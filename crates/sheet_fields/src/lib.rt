// The parts of a line that its fields make together: sizes, repetitions, and the ends of a placement or a cell.

#![tactic(auto)]

pub mod ends;
pub mod repetition;
pub mod size;
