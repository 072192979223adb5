// Which tracks of a template are written next: those of a component, or single ones in a row.
ghost use Rattle.std.specs.Prelude.{◌≡◌, ◌+◌, ◌<◌, length};
ghost use Rattle.library_records.specs.Parts.{single_at, singles_of, singles_at, component_part, part_at};

use crate::TemplatePart;
use coordinates::word_at;
use template_rules::{GridTemplateComponent, RepetitionCount};
use track_record::Repeated;
use track_record::component::repeated_of;
use track_record::count::before_end;
use track_record::cursor::total;
use track_rules::{Cursor, TrackSource};

// Whether a component is one track alone, its size at a place of the tables.
#[tactic(auto, unfolding(crate::specs::Parts::single_at))]
fn single_at(word: u64, place: u64) -> bool
    ensures { result ≡ single_at place word }
{
    let component = GridTemplateComponent::from(word);
    matches!(component.count, RepetitionCount::Single) && component.first == place
}

// How many of the first components are single tracks, their sizes one after the other from `first` on; at most `left`.
fn single_count(components: &[u64], first: u64, left: u32) -> usize
    requires first_bound { first < 65536 }
    ensures { result ≡ singles_of first components.now left }
{
    components
        .iter()
        .zip(first..first + left as u64)
        .take_while(|(word, place)| single_at(**word, *place))
        .count()
}

// How many single tracks in a row start at a cursor, at most `left`.
fn singles_at(components: &[u64], at: Cursor, left: u32) -> usize
    ensures { result ≡ singles_at components.now at left }
{
    if at.offset != 0 {
        return 0;
    }
    let part = repeated_of(word_at(components, at.component));
    let rest = components.get(at.component..).unwrap_or(&[]);
    single_count(rest, part.first, left)
}

// The tracks of a component at a cursor, at most `left` of them.
#[tactic(auto, unfolding(crate::specs::Parts::component_part))]
fn component_part(word: u64, repetitions: u32, at: Cursor, left: u32) -> TemplatePart
    requires { at.component < 18446744073709551615 }
    ensures { result ≡ component_part repetitions word at left }
{
    let tracks = total(word, repetitions);
    let count = before_end(tracks, at.offset, left as usize);
    TemplatePart {
        repeated: repeated_of(word),
        count,
        after: Cursor {
            component: at.component + 1,
            offset: at.offset.saturating_sub(tracks),
        },
    }
}

// The tracks to write at a cursor, at most `left` of them.
pub(crate) fn part_at(components: &[u64], repetitions: u32, at: Cursor, left: u32) -> TemplatePart
    requires component_in_bounds { at.component < length components.now }
    requires components_len_bound { length components.now < 4294967296 }
    ensures value { result ≡ part_at repetitions components.now at left }
    ensures few { result.repeated.first + result.repeated.length < 18446744073709551616 }
{
    let component = at.component;
    let word = components[component];
    let singles = singles_at(components, at, left);
    if singles == 0 {
        return component_part(word, repetitions, at, left);
    }
    let part = repeated_of(word);
    let repeated = Repeated {
        first: part.first,
        length: singles as u64,
        source: TrackSource::Template,
        fit: false,
    };
    let after = Cursor {
        component: component + singles,
        offset: 0,
    };
    TemplatePart {
        repeated,
        count: singles,
        after,
    }
}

----------------

§ Exercise directions
In full and without error, repeat the material above.

§ Task solution
filename crates/sheet_fields/src/lib.rt
// The parts of a line that its fields make together: sizes, repetitions, and the ends of a placement or a cell.

#![tactic(auto)]

pub mod ends;
pub mod repetition;
pub mod size;
repository 072192979223adb5
// Which tracks of a template are written next: those of a component, or single ones in a row.
ghost use Rattle.std.specs.Prelude.{◌≡◌, ◌+◌, ◌<◌, length};
ghost use Rattle.library_records.specs.Parts.{single_at, singles_of, singles_at, component_part, part_at};

use crate::TemplatePart;
use coordinates::word_at;
use template_rules::{GridTemplateComponent, RepetitionCount};
use track_record::Repeated;
use track_record::component::repeated_of;
use track_record::count::before_end;
use track_record::cursor::total;
use track_rules::{Cursor, TrackSource};

// Whether a component is one track alone, its size at a place of the tables.
#[tactic(auto, unfolding(crate::specs::Parts::single_at))]
fn single_at(word: u64, place: u64) -> bool
    ensures { result ≡ single_at place word }
{
    let component = GridTemplateComponent::from(word);
    matches!(component.count, RepetitionCount::Single) && component.first == place
}

// How many of the first components are single tracks, their sizes one after the other from `first` on; at most `left`.
fn single_count(components: &[u64], first: u64, left: u32) -> usize
    requires first_bound { first < 65536 }
    ensures { result ≡ singles_of first components.now left }
{
    components
        .iter()
        .zip(first..first + left as u64)
        .take_while(|(word, place)| single_at(**word, *place))
        .count()
}

// How many single tracks in a row start at a cursor, at most `left`.
fn singles_at(components: &[u64], at: Cursor, left: u32) -> usize
    ensures { result ≡ singles_at components.now at left }
{
    if at.offset != 0 {
        return 0;
    }
    let part = repeated_of(word_at(components, at.component));
    let rest = components.get(at.component..).unwrap_or(&[]);
    single_count(rest, part.first, left)
}

// The tracks of a component at a cursor, at most `left` of them.
#[tactic(auto, unfolding(crate::specs::Parts::component_part))]
fn component_part(word: u64, repetitions: u32, at: Cursor, left: u32) -> TemplatePart
    requires { at.component < 18446744073709551615 }
    ensures { result ≡ component_part repetitions word at left }
{
    let tracks = total(word, repetitions);
    let count = before_end(tracks, at.offset, left as usize);
    TemplatePart {
        repeated: repeated_of(word),
        count,
        after: Cursor {
            component: at.component + 1,
            offset: at.offset.saturating_sub(tracks),
        },
    }
}

// The tracks to write at a cursor, at most `left` of them.
pub(crate) fn part_at(components: &[u64], repetitions: u32, at: Cursor, left: u32) -> TemplatePart
    requires component_in_bounds { at.component < length components.now }
    requires components_len_bound { length components.now < 4294967296 }
    ensures value { result ≡ part_at repetitions components.now at left }
    ensures few { result.repeated.first + result.repeated.length < 18446744073709551616 }
{
    let component = at.component;
    let word = components[component];
    let singles = singles_at(components, at, left);
    if singles == 0 {
        return component_part(word, repetitions, at, left);
    }
    let part = repeated_of(word);
    let repeated = Repeated {
        first: part.first,
        length: singles as u64,
        source: TrackSource::Template,
        fit: false,
    };
    let after = Cursor {
        component: component + singles,
        offset: 0,
    };
    TemplatePart {
        repeated,
        count: singles,
        after,
    }
}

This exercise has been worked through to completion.